Exercise goal>
Do any lines in the data below contain "LaneRow"? If so, copy every one of them.

Start of Extracted information

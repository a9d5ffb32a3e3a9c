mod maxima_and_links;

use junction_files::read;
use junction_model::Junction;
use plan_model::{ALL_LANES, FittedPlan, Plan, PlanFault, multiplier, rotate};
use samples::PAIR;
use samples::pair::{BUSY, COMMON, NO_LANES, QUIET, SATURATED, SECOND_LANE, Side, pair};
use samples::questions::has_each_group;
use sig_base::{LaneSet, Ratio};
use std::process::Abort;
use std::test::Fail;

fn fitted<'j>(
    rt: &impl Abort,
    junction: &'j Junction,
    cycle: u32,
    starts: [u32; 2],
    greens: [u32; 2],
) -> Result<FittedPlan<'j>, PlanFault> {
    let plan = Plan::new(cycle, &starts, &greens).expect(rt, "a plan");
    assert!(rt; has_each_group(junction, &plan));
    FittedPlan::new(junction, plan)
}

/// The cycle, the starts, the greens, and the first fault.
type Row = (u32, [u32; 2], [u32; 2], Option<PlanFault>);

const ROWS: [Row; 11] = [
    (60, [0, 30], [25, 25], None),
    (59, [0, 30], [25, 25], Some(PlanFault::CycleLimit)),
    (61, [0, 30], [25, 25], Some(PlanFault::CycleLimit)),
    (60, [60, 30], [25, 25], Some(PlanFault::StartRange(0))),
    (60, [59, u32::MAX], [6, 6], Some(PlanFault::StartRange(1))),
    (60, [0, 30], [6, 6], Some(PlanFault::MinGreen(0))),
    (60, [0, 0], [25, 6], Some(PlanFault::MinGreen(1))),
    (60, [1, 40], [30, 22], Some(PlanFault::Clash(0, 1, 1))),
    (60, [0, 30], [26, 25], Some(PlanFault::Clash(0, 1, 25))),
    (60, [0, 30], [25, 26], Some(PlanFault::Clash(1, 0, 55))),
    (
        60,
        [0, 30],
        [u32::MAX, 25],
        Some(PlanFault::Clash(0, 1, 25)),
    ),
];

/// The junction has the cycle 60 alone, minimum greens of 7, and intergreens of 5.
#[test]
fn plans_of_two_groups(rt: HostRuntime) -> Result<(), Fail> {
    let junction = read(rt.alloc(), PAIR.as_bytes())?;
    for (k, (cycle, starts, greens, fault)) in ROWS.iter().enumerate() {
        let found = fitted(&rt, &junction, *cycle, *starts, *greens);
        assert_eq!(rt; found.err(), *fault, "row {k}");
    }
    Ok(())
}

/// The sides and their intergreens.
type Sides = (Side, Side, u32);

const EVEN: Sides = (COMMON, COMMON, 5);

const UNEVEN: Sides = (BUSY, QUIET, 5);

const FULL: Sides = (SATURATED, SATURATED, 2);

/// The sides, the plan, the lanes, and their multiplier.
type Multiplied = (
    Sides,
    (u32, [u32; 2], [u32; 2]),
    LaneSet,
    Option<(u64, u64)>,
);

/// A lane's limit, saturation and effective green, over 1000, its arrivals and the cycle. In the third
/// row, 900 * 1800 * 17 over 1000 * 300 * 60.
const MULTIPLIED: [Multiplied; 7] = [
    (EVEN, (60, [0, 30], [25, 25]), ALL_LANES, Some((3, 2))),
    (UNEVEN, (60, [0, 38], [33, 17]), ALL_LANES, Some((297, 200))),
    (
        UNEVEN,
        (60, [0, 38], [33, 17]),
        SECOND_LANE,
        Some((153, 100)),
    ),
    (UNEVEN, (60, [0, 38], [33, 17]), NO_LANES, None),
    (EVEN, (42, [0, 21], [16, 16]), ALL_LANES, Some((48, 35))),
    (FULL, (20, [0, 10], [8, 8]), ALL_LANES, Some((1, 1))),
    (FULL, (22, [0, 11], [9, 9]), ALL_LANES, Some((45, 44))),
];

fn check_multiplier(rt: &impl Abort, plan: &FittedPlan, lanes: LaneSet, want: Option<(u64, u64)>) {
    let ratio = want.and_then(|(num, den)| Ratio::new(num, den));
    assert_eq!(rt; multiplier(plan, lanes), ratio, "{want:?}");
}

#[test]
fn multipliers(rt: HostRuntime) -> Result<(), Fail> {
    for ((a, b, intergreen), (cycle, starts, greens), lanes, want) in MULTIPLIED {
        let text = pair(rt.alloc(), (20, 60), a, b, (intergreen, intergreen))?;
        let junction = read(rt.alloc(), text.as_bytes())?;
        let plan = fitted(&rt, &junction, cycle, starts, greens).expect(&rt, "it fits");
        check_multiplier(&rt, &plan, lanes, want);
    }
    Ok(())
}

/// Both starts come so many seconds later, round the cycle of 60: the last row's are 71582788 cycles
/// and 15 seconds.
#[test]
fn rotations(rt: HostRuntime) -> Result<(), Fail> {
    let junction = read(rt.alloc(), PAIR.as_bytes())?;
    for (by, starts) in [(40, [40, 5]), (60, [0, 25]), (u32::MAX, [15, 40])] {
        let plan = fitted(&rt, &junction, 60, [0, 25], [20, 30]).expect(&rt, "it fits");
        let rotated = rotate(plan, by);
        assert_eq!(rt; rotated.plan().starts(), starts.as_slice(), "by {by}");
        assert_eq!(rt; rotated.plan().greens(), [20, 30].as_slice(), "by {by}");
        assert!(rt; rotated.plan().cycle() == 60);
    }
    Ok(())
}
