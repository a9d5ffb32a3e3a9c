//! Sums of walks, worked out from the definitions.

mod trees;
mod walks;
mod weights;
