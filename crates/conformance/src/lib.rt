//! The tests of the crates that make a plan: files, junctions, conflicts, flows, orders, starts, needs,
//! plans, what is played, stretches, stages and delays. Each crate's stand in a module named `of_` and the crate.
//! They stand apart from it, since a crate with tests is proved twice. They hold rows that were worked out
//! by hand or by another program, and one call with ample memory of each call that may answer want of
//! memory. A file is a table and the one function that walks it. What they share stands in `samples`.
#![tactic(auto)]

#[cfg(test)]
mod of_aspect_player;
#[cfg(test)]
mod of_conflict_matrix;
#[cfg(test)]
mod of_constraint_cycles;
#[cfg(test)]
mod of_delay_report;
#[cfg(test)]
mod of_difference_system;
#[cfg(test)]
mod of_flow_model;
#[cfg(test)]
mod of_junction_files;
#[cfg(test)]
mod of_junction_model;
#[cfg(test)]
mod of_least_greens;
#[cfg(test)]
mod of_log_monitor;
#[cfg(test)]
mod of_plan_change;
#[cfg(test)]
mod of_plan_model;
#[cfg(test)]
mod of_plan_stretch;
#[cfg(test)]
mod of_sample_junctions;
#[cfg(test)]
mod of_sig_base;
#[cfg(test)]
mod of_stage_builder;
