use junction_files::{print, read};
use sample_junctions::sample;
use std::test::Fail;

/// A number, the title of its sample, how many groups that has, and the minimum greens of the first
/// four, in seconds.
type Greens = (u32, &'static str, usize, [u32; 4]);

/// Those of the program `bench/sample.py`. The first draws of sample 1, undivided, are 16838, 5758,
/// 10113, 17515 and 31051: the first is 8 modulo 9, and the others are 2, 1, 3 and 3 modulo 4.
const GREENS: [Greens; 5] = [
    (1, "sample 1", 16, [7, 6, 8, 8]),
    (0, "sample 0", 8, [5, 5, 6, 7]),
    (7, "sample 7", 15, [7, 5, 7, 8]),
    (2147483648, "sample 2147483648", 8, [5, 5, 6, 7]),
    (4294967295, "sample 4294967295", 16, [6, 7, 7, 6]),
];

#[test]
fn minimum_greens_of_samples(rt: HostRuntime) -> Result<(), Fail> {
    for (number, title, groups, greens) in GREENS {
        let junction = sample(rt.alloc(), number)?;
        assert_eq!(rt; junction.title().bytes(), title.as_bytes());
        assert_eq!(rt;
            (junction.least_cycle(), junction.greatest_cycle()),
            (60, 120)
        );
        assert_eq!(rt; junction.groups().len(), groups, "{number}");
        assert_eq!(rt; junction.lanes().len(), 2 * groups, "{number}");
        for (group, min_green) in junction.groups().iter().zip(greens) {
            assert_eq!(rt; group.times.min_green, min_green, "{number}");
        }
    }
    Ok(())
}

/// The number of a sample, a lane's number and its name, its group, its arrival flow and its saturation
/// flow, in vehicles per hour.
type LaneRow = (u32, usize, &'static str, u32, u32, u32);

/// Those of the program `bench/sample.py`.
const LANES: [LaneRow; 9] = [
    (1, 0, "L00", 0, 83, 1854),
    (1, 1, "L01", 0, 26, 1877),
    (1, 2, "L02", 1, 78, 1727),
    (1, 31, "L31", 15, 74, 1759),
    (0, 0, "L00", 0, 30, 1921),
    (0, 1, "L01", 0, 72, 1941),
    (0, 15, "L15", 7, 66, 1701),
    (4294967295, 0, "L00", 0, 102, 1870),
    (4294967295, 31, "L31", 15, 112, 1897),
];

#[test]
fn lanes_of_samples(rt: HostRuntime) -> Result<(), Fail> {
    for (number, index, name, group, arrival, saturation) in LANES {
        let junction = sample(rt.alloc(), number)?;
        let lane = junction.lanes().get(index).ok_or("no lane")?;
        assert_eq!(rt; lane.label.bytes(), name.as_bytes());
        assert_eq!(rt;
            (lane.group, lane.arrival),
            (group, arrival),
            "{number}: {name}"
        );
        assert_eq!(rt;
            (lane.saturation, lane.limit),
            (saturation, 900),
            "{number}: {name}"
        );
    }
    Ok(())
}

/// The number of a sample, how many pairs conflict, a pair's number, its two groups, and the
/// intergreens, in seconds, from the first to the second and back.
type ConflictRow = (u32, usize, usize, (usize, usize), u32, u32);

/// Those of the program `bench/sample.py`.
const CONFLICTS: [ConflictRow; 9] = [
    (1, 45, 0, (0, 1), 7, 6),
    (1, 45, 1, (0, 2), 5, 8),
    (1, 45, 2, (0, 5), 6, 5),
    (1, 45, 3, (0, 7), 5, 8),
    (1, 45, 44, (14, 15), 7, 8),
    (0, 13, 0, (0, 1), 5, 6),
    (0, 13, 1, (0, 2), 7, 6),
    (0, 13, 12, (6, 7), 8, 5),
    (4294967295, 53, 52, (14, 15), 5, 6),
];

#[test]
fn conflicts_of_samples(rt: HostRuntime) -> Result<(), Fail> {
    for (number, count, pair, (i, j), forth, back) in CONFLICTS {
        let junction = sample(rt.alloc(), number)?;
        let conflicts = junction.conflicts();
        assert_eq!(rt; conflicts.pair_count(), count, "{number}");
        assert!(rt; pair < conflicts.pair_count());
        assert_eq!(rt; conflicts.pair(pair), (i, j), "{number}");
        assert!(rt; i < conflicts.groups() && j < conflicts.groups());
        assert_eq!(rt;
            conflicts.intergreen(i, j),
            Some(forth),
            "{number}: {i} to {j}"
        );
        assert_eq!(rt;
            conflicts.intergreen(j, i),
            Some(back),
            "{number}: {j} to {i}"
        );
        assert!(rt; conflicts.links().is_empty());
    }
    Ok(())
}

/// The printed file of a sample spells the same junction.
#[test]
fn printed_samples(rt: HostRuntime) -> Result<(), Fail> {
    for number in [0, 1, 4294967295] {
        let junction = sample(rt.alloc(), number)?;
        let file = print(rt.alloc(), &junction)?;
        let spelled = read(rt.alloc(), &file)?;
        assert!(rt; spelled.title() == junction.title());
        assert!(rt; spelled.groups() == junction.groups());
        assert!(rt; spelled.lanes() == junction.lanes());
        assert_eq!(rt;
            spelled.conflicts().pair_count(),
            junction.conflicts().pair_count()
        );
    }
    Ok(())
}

End of Extracted information

Reply>
type LaneRow = (u32, usize, &'static str, u32, u32, u32);
const LANES: [LaneRow; 9] = [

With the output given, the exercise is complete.